> _Goal of the exercise_
Copy out each line of the entries below in which the string "bool" appears.

> _Records for the exercise_
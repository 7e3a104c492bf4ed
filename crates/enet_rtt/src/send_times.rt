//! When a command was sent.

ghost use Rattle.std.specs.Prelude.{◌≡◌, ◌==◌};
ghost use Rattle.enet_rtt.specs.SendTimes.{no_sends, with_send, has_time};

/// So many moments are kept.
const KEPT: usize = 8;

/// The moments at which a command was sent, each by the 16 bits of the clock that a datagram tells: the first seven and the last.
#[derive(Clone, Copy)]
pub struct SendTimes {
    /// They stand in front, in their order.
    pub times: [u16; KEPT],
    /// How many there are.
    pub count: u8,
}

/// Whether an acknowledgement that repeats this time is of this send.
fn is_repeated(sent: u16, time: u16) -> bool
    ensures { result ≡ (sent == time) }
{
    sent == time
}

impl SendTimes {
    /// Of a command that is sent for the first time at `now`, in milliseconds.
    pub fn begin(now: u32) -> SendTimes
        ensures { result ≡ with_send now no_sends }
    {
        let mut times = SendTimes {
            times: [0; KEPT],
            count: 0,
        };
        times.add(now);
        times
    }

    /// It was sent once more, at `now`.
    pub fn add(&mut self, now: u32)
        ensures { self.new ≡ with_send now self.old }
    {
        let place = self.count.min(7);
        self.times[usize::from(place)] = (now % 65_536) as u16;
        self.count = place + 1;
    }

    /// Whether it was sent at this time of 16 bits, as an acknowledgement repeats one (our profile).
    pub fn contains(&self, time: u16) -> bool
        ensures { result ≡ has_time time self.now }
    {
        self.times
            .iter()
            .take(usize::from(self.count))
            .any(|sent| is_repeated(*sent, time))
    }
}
* * *
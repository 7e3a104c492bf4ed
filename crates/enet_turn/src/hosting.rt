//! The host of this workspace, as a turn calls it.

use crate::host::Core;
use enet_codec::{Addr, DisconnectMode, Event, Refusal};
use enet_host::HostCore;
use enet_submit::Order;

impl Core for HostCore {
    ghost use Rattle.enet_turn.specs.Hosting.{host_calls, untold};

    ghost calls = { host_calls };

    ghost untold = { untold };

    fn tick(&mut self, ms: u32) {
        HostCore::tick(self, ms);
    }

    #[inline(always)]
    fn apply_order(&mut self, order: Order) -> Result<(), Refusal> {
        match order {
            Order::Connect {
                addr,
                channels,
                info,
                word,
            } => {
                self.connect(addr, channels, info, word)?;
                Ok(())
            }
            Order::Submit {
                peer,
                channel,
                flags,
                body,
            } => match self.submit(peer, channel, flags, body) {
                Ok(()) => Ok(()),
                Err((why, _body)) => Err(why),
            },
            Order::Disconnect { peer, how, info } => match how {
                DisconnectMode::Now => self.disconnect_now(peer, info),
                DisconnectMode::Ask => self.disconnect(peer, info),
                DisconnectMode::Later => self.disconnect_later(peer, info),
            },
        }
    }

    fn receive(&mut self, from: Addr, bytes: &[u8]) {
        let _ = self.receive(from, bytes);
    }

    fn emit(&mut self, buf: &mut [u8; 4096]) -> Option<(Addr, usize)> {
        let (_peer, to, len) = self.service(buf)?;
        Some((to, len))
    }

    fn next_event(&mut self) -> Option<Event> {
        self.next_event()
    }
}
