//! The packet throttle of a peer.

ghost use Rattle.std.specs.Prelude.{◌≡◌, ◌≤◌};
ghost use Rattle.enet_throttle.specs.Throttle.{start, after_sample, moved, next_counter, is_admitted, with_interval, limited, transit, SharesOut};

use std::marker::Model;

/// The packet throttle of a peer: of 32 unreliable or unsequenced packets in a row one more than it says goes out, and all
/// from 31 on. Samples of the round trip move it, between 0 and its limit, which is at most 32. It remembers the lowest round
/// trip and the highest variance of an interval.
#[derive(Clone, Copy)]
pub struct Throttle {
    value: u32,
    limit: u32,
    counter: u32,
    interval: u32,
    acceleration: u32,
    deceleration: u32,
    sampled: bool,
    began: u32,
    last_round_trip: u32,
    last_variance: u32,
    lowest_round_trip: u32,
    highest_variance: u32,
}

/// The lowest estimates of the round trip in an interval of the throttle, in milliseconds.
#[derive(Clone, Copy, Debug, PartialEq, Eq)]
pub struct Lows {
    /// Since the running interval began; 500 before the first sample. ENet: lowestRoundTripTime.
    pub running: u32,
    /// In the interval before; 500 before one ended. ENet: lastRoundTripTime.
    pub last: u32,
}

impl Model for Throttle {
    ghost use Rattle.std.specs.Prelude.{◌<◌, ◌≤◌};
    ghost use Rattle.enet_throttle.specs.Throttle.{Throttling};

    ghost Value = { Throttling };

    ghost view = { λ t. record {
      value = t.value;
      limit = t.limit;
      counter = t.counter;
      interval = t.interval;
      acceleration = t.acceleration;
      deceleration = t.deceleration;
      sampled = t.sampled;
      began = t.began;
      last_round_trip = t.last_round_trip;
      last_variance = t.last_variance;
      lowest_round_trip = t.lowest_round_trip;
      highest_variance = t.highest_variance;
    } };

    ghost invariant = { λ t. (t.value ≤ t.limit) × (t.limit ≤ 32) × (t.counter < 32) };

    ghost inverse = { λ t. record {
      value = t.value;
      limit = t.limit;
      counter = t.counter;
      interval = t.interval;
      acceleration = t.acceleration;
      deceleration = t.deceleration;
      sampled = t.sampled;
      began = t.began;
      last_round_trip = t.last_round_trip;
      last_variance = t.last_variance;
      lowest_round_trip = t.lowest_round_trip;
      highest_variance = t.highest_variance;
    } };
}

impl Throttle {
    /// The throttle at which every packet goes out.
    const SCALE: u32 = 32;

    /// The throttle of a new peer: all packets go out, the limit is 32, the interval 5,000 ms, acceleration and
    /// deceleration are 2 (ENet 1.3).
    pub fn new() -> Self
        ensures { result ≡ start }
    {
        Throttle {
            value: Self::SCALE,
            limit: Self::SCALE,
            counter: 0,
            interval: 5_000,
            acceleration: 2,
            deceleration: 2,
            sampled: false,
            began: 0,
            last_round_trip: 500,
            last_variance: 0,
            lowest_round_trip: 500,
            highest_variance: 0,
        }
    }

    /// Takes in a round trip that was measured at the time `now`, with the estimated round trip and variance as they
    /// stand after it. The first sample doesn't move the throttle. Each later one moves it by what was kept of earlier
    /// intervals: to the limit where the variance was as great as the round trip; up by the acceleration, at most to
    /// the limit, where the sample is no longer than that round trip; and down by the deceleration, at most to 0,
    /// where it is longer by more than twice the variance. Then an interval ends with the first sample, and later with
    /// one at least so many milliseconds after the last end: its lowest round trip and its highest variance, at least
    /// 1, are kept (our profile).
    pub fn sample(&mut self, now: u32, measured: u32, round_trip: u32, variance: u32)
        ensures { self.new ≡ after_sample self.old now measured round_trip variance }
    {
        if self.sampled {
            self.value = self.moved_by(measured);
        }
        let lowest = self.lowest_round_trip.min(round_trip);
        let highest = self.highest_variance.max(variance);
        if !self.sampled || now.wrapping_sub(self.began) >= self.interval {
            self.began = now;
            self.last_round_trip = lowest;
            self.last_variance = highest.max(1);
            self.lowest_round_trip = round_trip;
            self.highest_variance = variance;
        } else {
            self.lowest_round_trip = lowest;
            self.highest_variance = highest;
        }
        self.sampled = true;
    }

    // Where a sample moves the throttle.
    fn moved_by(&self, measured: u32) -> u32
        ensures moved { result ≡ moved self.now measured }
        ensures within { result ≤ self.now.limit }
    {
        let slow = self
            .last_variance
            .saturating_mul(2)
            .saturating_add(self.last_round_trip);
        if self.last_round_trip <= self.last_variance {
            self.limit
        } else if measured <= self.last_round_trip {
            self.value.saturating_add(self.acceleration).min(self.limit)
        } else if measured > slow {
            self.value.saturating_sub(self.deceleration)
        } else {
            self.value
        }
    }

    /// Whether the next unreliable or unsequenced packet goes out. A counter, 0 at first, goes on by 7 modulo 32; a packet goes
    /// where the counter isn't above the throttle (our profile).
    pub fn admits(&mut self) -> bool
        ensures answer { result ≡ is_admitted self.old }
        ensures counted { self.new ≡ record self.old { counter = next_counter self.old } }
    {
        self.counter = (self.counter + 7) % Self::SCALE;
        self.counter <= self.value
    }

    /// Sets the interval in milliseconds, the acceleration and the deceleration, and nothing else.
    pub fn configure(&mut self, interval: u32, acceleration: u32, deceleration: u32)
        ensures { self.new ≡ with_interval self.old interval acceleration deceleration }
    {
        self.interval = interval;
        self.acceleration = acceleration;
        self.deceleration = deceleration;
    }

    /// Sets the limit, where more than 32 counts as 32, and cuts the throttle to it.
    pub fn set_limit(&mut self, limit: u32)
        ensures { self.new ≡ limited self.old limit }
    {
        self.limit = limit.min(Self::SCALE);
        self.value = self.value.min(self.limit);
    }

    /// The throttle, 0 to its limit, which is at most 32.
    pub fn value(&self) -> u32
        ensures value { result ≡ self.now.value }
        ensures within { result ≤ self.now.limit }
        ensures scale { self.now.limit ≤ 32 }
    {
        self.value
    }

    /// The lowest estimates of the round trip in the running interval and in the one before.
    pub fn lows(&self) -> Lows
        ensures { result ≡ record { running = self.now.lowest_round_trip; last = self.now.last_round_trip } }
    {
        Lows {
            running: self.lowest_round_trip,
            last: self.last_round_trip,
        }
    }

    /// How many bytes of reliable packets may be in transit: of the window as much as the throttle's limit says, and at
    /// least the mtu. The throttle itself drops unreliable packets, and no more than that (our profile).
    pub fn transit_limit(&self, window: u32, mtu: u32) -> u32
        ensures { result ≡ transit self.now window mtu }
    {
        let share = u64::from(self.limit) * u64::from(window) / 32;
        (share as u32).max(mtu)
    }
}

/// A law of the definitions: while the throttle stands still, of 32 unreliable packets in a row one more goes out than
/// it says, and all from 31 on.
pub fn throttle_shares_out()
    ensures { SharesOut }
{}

> _Exercise response_
fn is_repeated(sent: u16, time: u16) -> bool
    pub fn contains(&self, time: u16) -> bool
    sampled: bool,
    pub fn admits(&mut self) -> bool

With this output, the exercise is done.